Sarcasm aside, I'm genuinely curious where all this "Obama is a uniter, not a divider" bullshit originates. So, please. Do tell.



badgenome said:
Mr Khan said:

Bingo. He screwed up by even trying bipartisan leadership after the Republicans clearly indicated that they wanted nothing more than to be wreckers, to avert legislative agendas and then blame the Democrats for Republican intransigience

Should've tightened the leash in the Democratic party too, really. Then we'd have a real health care bill to resemble a real country's health care system, not this middle-of-the-road crap

Obama knew very well how fierce partisanship is in D.C., and despite his campaign trail promises to change the tone, poisoned the well immediately after taking office when he said, "Shut up. I won." He had no intention of working with Republicans, and the idea that he wasted all kinds of time trying to reach out to them is just fiction. Trying to get Olympia Snowe to vote for your agenda =/= bipartisanship.

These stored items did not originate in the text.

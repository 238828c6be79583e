// The lent flash: whether its length is right, a sector erased, a payload stored.
ghost use Rattle.std.specs.Prelude.{◌≡◌};
ghost use Rattle.memory.specs.Flash.{flash_length, erase_at, payload_of, store_at};

// A flash by its length. It names the sizes; the bytes themselves are lent as a slice.
#[derive(Clone, Copy)]
pub struct Flash {
    pub len: usize,
}

impl Flash {
    pub const SECTOR: usize = 4096;

    pub const PAYLOAD: usize = 256;

    pub const MIN: usize = 4096;

    pub const MAX: usize = 33554432;

    // The last address after which a payload has room among numbers of 64 bits.
    pub const LAST: usize = 18446744073709551359;

    // The bytes of an arrival that are its payload.
    pub const FROM: usize = 32;

    pub const TO: usize = 288;
}

// May a flash have this length?
#[tactic(auto, unfolding(crate::specs::Flash::flash_length))]
pub fn right_length(len: usize) -> bool
    ensures { result ≡ flash_length len }
{
    (len % Flash::SECTOR == 0) & (Flash::MIN <= len) & (len <= Flash::MAX)
}

// Sets the bytes of a sector to 0xFF. A sector past the end changes nothing.
pub fn erase(flash: &mut [u8], sector: usize)
    ensures { flash.new ≡ erase_at flash.old sector }
{
    if sector < flash.len() / Flash::SECTOR {
        let a = sector * Flash::SECTOR;
        let e = a + Flash::SECTOR;
        crate::fill::fill(&mut flash[a..e], 255);
    }
}

// Stores the payload of an arrival at an address of the flash, or of another lent buffer. Where either does not fit nothing changes.
pub fn store(flash: &mut [u8], at: usize, arrival: &[u8])
    ensures { flash.new ≡ store_at flash.old at (payload_of arrival.now) }
{
    if arrival.len() < Flash::TO {
        return;
    }
    // the end is compared, and no difference of the length: that would be a copy of the length, which is lent, on the stack
    if Flash::LAST < at {
        return;
    }
    let e = at + Flash::PAYLOAD;
    if flash.len() < e {
        return;
    }
    flash[at..e].copy_from_slice(&arrival[Flash::FROM..Flash::TO]);
}
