// Lent memory: bytes set to one value, marks in a map, a sector of the flash erased, a payload stored, ranges by where they start.
#![tactic(auto)]

pub mod bitmap;
pub mod cells;
pub mod fill;
pub mod flash;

To your second point: what would you have done exactly? Many moderates and Blue Dogs simply weren't going for it. It's no mystery why, especially now that everyone can see plain as day just how false were all the platitudes their leadership tried to feed them about how people would learn to love the bill and they'd be rewarded in the midterms. The Dems had to pull every trick in the book to just barely push any kind of bill through, and when they couldn't revist the bill in the Senate after Scott Brown's election, the whole enterprise was thought to be dead. You're simply not dealing with the political reality with which Obama was faced, and thus are not giving him enough credit.

Unrealistic and a little bitter on my part, i'll grant. I'm just mad that the Democrats blew their one chance to really get this done in a while, but of course now that it's through the door, we can work to fix it, and if all these Tea Party freshmen are true to their own cause, hopefully work within the system to cut health care costs (though they seem more determined to slash at benefits, but time will tell if they really get anywhere, or end up like the Contract With America of 94)



Monster Hunter: pissing me off since 2010.